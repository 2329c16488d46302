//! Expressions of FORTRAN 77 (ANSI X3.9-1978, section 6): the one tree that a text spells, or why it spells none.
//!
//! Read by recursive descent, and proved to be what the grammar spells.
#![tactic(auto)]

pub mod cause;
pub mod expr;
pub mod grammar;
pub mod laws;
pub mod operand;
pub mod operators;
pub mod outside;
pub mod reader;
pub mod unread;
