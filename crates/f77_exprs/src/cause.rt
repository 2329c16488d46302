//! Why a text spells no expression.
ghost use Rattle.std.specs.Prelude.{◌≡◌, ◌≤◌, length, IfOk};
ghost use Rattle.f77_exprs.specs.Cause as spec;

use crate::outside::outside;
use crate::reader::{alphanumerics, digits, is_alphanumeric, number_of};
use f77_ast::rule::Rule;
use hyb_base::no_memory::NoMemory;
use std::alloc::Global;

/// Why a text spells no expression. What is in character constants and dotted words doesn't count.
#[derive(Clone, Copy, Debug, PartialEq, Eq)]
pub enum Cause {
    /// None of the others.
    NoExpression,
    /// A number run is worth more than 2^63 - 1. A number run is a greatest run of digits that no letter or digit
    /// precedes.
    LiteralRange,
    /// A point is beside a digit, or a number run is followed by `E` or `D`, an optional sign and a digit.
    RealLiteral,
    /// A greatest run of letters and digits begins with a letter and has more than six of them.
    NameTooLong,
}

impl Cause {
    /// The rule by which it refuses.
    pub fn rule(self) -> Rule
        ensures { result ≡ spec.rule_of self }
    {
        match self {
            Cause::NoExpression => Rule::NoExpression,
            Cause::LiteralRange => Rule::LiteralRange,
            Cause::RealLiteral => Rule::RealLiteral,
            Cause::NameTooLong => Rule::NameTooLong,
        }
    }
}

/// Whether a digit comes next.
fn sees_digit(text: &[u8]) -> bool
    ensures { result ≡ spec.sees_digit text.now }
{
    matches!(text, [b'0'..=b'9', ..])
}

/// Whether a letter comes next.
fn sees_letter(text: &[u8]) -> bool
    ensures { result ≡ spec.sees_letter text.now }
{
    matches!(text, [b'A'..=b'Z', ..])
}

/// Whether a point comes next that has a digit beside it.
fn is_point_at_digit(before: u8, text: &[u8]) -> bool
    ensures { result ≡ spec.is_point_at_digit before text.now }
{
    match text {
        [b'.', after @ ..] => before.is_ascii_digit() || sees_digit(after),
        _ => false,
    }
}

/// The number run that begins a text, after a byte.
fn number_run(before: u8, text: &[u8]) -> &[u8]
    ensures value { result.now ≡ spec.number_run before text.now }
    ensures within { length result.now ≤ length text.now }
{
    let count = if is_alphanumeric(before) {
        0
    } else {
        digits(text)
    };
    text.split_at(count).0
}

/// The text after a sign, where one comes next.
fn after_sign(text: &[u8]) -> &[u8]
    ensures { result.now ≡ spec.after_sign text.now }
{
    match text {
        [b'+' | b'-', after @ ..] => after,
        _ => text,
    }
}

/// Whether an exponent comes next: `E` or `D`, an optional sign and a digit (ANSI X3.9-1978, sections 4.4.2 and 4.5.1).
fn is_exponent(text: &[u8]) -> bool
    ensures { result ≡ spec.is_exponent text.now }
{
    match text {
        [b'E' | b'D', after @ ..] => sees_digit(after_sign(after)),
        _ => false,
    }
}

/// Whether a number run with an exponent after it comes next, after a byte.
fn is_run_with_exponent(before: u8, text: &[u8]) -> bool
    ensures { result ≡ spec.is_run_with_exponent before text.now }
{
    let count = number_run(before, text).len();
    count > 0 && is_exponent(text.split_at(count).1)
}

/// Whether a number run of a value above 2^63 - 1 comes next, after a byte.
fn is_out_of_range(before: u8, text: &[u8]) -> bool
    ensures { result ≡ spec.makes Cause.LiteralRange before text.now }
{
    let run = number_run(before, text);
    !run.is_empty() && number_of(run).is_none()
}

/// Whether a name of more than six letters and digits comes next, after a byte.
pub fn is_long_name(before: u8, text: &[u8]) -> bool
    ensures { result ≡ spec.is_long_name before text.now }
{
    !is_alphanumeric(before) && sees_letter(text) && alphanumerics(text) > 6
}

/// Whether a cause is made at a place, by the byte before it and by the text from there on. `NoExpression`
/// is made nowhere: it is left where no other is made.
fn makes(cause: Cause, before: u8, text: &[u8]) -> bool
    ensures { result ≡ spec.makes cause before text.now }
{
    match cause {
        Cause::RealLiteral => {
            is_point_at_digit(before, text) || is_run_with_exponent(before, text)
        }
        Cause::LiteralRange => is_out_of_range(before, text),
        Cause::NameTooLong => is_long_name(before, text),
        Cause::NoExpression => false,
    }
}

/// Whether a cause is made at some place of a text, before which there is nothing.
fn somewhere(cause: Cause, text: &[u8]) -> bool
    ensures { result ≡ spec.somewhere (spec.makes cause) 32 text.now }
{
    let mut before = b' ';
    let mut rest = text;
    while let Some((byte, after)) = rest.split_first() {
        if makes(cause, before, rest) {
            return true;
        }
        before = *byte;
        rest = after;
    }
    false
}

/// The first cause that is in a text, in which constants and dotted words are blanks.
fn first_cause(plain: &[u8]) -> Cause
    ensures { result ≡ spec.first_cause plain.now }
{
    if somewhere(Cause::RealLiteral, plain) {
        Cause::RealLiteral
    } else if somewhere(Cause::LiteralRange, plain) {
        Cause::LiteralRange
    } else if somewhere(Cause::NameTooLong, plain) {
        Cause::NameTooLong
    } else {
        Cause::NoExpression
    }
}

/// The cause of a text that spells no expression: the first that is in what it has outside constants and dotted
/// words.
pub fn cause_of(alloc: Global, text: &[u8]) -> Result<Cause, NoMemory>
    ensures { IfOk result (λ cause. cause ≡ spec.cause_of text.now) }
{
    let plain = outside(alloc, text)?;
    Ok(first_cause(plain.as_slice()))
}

## How to complete this task:
For this task, copy every line of the material in which "beside" appears.

## Response to the exercise:
    /// A point is beside a digit, or a number run is followed by `E` or `D`, an optional sign and a digit.
/// Whether a point comes next that has a digit beside it.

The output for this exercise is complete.